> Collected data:
====

//! How a record is filed, and how a seat is answered.

ghost use Rattle.std.specs.Prelude.{◌≡◌, ◌<◌, ◌≤◌, ◌+◌, ◌-◌, ◌^◌, length, true, Some, MatchBool, slice_set};
ghost use Rattle.store_seat.specs.Accounts.{account, Knows, SettlesIn, SettlesNothingIn};
ghost use Rattle.history.specs.View.{shown_record};
ghost use Rattle.store_seat.specs.Seats.{told, noted, unnoted, answered};

use crate::account::{Account, is_known};
use crate::naming::Naming;
use crate::seat::Seat;
use history::RecordRef;
use history_row::Row;
use std::alloc::Global;
use std::sync::ledger::Book;

/// Files a record: in its cell, in the book and in the ledger. Answers whether the cell took the record. If it did,
/// the seat has a receipt of it. If it did not, the store is marked as refused.
pub fn file<B: Naming>(
    alloc: Global,
    row: &mut Row<B>,
    book: &mut Vec<Account>,
    total: &mut Book<B>,
    is_refused: &mut bool,
    seat: &mut Seat<B>,
    place: u64,
    what: &RecordRef<'_>,
) -> bool
    requires cell { (B.start ≤ place) × (place < B.start + length row.old) }
    requires known { Knows book.old.items seat.old }
    requires room { seat.old.count + 1 < 2 ^ 64 }
    ensures row { MatchBool result
        (row.new ≡ slice_set row.old (place - B.start) (Some (shown_record what.now))) (row.new ≡ row.old) }
    ensures book { book.new.items
        ≡ slice_set book.old.items seat.old.number (account seat.old.first (seat.old.count + 1)) }
    ensures total { total.new.total ≡ total.old.total + 1 }
    ensures refused { MatchBool result (is_refused.new ≡ is_refused.old) (is_refused.new ≡ true) }
    ensures seat { MatchBool result
        (seat.new ≡ noted seat.old (told place (shown_record what.now))) (seat.new ≡ unnoted seat.old) }
{
    let at = place as usize;
    let took = row.set(alloc, at, what);
    book[seat.number as usize].count = seat.count + 1;
    total.add(&mut seat.share, 1);
    seat.count += 1;
    if took {
        seat.last = Some(row.receipt(at));
    } else {
        *is_refused = true;
    }
    took
}

/// Marks the seat as answered up to this place, in the book too, if the place is below the durable count and the
/// book's numbers of the seat are the seat's own. Otherwise nothing changes. It takes no memory.
pub fn settle<B: Naming>(
    book: &mut Vec<Account>,
    seat: &mut Seat<B>,
    place: u64,
    durable: u64,
) -> bool
    ensures { MatchBool result
        (SettlesIn book.old.items seat.old place durable book.new.items seat.new)
        (SettlesNothingIn book.old.items seat.old place durable book.new.items seat.new) }
{
    if place >= durable || !is_known(book, seat) {
        return false;
    }
    answer(book, seat, place);
    true
}

/// Marks the seat as answered up to this place, in the book too.
fn answer<B: Naming>(book: &mut Vec<Account>, seat: &mut Seat<B>, place: u64)
    requires known { Knows book.old.items seat.old }
    requires room { place + 1 < 2 ^ 64 }
    ensures book { book.new.items
        ≡ slice_set book.old.items seat.old.number (account (place + 1) seat.old.count) }
    ensures seat { seat.new ≡ answered seat.old place }
{
    book[seat.number as usize].first = place + 1;
    seat.first = place + 1;
}
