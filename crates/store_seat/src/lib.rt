//! Who calls a store: seats, what the store's books have of them, and their calls over whatever lies under the lock.
//!
//! A `Seat` has numbers, its part of the ledger, and a receipt of its last record. `file` puts a record into its cell,
//! the book and the ledger, and `settle` answers a seat up to a durable place; both are exact about all that they
//! change (`specs/Accounts.antt`). `claim` hands a seat a record of its own again. A `Shared` is a log under a lock,
//! and a mark beside it that nobody waits for. Its calls say what they do to the seat (`specs/Calls.antt`,
//! `specs/Claims.antt`), from what the log promises for each holding of the lock (`Log`).
//!
//! The crate knows no master but for its refusals and its configuration. It stands on `history_row` and `mark_word`. It
//! waits, and starts no thread.
#![tactic(auto)]

mod account;
mod claiming;
mod fault;
mod filing;
mod forgetting;
mod log;
mod naming;
mod seat;
mod shared;
mod waiting;

pub use account::{Account, is_known};
pub use claiming::{claim, owns};
pub use fault::CallFault;
pub use filing::{file, settle};
pub use forgetting::settled_to;
pub use history_row::{Receipt, Row};
pub use log::{Applied, Attempt, Log, Progress};
pub use naming::Naming;
pub use seat::Seat;
pub use shared::Shared;
pub use waiting::take;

====

> ASSIGNMENT:
Every entry must be duplicated exactly as it stands.

> RESPONSE AREA:
//! How a record is filed, and how a seat is answered.

ghost use Rattle.std.specs.Prelude.{◌≡◌, ◌<◌, ◌≤◌, ◌+◌, ◌-◌, ◌^◌, length, true, Some, MatchBool, slice_set};
ghost use Rattle.store_seat.specs.Accounts.{account, Knows, SettlesIn, SettlesNothingIn};
ghost use Rattle.history.specs.View.{shown_record};
ghost use Rattle.store_seat.specs.Seats.{told, noted, unnoted, answered};

use crate::account::{Account, is_known};
use crate::naming::Naming;
use crate::seat::Seat;
use history::RecordRef;
use history_row::Row;
use std::alloc::Global;
use std::sync::ledger::Book;

/// Files a record: in its cell, in the book and in the ledger. Answers whether the cell took the record. If it did,
/// the seat has a receipt of it. If it did not, the store is marked as refused.
pub fn file<B: Naming>(
    alloc: Global,
    row: &mut Row<B>,
    book: &mut Vec<Account>,
    total: &mut Book<B>,
    is_refused: &mut bool,
    seat: &mut Seat<B>,
    place: u64,
    what: &RecordRef<'_>,
) -> bool
    requires cell { (B.start ≤ place) × (place < B.start + length row.old) }
    requires known { Knows book.old.items seat.old }
    requires room { seat.old.count + 1 < 2 ^ 64 }
    ensures row { MatchBool result
        (row.new ≡ slice_set row.old (place - B.start) (Some (shown_record what.now))) (row.new ≡ row.old) }
    ensures book { book.new.items
        ≡ slice_set book.old.items seat.old.number (account seat.old.first (seat.old.count + 1)) }
    ensures total { total.new.total ≡ total.old.total + 1 }
    ensures refused { MatchBool result (is_refused.new ≡ is_refused.old) (is_refused.new ≡ true) }
    ensures seat { MatchBool result
        (seat.new ≡ noted seat.old (told place (shown_record what.now))) (seat.new ≡ unnoted seat.old) }
{
    let at = place as usize;
    let took = row.set(alloc, at, what);
    book[seat.number as usize].count = seat.count + 1;
    total.add(&mut seat.share, 1);
    seat.count += 1;
    if took {
        seat.last = Some(row.receipt(at));
    } else {
        *is_refused = true;
    }
    took
}

/// Marks the seat as answered up to this place, in the book too, if the place is below the durable count and the
/// book's numbers of the seat are the seat's own. Otherwise nothing changes. It takes no memory.
pub fn settle<B: Naming>(
    book: &mut Vec<Account>,
    seat: &mut Seat<B>,
    place: u64,
    durable: u64,
) -> bool
    ensures { MatchBool result
        (SettlesIn book.old.items seat.old place durable book.new.items seat.new)
        (SettlesNothingIn book.old.items seat.old place durable book.new.items seat.new) }
{
    if place >= durable || !is_known(book, seat) {
        return false;
    }
    answer(book, seat, place);
    true
}

/// Marks the seat as answered up to this place, in the book too.
fn answer<B: Naming>(book: &mut Vec<Account>, seat: &mut Seat<B>, place: u64)
    requires known { Knows book.old.items seat.old }
    requires room { place + 1 < 2 ^ 64 }
    ensures book { book.new.items
        ≡ slice_set book.old.items seat.old.number (account (place + 1) seat.old.count) }
    ensures seat { seat.new ≡ answered seat.old place }
{
    book[seat.number as usize].first = place + 1;
    seat.first = place + 1;
}
filename crates/store_seat/src/lib.rt
//! Who calls a store: seats, what the store's books have of them, and their calls over whatever lies under the lock.
//!
//! A `Seat` has numbers, its part of the ledger, and a receipt of its last record. `file` puts a record into its cell,
//! the book and the ledger, and `settle` answers a seat up to a durable place; both are exact about all that they
//! change (`specs/Accounts.antt`). `claim` hands a seat a record of its own again. A `Shared` is a log under a lock,
//! and a mark beside it that nobody waits for. Its calls say what they do to the seat (`specs/Calls.antt`,
//! `specs/Claims.antt`), from what the log promises for each holding of the lock (`Log`).
//!
//! The crate knows no master but for its refusals and its configuration. It stands on `history_row` and `mark_word`. It
//! waits, and starts no thread.
#![tactic(auto)]

mod account;
mod claiming;
mod fault;
mod filing;
mod forgetting;
mod log;
mod naming;
mod seat;
mod shared;
mod waiting;

pub use account::{Account, is_known};
pub use claiming::{claim, owns};
pub use fault::CallFault;
pub use filing::{file, settle};
pub use forgetting::settled_to;
pub use history_row::{Receipt, Row};
pub use log::{Applied, Attempt, Log, Progress};
pub use naming::Naming;
pub use seat::Seat;
pub use shared::Shared;
pub use waiting::take;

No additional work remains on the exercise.